## Description of the task
Identify, in the records below, every line where the string "Value" appears, and copy each such line.
** Record extracts follows **
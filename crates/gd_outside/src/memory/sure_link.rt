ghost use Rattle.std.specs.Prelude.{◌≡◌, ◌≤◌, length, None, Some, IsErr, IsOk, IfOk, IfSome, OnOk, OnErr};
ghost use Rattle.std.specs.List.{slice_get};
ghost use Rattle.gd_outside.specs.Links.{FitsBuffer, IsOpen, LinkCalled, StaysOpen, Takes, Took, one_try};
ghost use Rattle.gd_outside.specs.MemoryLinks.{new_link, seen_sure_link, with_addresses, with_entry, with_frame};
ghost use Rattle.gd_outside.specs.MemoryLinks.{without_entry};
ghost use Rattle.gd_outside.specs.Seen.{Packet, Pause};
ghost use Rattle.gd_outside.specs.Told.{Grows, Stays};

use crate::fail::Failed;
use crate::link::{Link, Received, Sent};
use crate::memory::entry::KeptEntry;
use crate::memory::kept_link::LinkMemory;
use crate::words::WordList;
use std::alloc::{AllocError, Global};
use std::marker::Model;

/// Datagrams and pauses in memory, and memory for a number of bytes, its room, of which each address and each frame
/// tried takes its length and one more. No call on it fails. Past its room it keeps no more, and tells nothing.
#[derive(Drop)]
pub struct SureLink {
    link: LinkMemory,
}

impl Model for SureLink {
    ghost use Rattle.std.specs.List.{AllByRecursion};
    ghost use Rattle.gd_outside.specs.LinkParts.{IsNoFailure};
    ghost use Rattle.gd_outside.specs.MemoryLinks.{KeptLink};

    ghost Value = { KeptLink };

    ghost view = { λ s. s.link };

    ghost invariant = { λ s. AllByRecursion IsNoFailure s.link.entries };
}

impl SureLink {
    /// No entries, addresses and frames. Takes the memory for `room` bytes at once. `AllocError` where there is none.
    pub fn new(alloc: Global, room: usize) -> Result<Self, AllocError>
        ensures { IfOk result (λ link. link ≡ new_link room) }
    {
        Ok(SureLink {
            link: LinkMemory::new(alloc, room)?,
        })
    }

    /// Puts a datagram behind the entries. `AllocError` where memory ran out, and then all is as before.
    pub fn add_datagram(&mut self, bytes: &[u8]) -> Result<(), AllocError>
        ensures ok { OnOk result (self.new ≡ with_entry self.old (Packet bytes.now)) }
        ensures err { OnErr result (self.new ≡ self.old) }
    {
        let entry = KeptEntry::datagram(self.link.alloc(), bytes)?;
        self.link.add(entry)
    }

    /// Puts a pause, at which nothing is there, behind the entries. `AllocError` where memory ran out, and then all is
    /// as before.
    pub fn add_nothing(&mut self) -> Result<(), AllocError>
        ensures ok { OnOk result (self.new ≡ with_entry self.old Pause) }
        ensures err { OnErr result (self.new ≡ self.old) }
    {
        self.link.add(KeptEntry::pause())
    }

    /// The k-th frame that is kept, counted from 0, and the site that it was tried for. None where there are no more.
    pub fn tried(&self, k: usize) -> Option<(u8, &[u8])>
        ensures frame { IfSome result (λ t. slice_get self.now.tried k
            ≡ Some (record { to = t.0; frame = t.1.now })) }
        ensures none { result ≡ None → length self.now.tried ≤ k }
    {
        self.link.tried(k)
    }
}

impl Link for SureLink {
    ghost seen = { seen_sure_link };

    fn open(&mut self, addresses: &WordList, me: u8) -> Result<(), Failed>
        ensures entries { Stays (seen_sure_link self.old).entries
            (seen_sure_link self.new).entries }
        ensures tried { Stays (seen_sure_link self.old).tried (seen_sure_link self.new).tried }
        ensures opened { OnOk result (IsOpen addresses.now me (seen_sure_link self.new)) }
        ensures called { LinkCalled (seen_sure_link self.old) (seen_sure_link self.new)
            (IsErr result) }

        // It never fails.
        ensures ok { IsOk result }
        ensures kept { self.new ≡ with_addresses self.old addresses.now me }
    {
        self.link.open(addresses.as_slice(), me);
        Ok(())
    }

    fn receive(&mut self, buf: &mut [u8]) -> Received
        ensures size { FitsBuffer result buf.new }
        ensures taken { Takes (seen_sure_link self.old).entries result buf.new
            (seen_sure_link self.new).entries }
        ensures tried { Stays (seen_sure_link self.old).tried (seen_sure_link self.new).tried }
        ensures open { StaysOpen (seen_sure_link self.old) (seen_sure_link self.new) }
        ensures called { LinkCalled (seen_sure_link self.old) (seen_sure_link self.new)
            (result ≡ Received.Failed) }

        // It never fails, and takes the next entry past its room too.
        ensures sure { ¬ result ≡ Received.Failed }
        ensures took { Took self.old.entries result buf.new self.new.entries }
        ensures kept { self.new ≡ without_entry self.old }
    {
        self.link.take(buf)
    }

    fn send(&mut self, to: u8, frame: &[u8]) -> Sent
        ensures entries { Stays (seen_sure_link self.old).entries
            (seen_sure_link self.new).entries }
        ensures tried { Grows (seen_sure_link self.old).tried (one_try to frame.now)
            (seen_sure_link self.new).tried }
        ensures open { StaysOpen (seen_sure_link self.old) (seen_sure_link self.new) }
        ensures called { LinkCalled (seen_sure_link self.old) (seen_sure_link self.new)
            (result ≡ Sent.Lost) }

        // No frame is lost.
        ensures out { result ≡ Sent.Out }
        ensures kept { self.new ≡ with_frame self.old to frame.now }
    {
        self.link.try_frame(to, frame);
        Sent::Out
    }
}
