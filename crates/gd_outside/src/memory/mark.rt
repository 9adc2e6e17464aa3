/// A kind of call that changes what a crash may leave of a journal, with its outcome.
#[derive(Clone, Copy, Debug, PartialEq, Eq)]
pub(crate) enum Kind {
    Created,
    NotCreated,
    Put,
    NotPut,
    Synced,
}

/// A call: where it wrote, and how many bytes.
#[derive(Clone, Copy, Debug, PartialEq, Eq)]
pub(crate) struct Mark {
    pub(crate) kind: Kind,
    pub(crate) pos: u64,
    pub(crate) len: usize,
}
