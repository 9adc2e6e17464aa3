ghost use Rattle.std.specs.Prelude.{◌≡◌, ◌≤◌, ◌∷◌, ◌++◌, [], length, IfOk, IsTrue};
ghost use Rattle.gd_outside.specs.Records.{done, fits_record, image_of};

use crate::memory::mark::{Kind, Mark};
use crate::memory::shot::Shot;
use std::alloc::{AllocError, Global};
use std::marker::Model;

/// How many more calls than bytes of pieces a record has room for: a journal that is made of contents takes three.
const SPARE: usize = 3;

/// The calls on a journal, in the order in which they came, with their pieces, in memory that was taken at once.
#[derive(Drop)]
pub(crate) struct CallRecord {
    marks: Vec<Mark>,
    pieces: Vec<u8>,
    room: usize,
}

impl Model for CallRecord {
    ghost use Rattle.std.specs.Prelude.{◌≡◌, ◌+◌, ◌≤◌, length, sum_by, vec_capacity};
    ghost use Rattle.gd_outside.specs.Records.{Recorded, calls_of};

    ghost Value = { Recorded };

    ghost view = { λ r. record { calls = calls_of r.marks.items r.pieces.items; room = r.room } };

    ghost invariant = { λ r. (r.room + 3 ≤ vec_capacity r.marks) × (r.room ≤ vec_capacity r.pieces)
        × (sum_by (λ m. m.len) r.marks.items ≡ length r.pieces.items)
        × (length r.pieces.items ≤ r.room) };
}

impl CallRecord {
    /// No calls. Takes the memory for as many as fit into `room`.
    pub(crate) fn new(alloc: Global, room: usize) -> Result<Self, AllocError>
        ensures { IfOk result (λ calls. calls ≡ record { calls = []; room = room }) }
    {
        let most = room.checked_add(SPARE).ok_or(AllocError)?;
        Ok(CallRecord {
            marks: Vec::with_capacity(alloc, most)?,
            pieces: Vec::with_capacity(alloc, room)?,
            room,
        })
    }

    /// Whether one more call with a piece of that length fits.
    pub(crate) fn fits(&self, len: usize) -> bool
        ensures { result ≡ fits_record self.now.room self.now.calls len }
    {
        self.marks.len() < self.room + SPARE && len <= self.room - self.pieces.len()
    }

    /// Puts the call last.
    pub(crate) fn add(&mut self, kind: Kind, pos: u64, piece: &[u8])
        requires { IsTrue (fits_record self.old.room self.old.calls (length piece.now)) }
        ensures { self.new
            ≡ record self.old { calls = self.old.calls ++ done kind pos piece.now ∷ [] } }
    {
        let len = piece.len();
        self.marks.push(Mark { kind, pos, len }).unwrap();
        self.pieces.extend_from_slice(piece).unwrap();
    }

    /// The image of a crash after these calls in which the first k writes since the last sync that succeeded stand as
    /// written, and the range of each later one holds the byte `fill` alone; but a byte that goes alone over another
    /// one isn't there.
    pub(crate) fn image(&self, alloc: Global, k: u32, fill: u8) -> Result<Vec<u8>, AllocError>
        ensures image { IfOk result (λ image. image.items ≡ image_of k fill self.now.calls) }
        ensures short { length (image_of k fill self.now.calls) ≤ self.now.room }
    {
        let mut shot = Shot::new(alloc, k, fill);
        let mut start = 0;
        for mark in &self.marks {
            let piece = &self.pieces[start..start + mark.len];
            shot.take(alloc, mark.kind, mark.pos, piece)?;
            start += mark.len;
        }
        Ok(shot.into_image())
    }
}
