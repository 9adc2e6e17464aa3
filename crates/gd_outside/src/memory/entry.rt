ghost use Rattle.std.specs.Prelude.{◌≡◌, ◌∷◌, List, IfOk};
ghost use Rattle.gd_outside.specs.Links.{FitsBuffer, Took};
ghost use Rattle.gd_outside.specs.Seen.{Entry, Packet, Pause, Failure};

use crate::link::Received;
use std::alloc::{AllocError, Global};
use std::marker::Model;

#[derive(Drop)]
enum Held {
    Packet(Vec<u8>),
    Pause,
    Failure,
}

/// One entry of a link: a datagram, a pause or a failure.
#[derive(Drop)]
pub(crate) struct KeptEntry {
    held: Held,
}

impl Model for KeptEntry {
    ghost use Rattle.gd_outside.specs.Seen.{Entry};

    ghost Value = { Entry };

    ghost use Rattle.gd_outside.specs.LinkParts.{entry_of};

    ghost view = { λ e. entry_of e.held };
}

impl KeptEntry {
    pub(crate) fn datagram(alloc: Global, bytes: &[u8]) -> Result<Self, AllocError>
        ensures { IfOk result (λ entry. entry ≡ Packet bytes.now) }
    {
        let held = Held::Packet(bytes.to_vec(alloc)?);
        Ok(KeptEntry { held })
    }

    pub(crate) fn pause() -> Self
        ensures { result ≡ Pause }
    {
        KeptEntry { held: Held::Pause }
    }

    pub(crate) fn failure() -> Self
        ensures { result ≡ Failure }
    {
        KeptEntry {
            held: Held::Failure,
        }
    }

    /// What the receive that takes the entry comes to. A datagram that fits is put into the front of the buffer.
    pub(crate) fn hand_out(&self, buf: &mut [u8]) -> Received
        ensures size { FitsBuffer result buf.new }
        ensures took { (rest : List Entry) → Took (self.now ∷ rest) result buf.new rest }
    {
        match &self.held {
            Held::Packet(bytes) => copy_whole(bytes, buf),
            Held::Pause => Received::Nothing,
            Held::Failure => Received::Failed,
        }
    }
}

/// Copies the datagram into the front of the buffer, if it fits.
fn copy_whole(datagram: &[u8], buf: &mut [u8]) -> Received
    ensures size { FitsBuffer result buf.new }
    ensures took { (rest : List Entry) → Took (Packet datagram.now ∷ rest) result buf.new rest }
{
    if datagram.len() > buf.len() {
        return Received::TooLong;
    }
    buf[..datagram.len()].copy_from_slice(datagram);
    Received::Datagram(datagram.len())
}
** End of Record extracts **
## Result for this task
    ghost Value = { KeptLink };
    ghost Value = { Recorded };
    ghost Value = { Entry };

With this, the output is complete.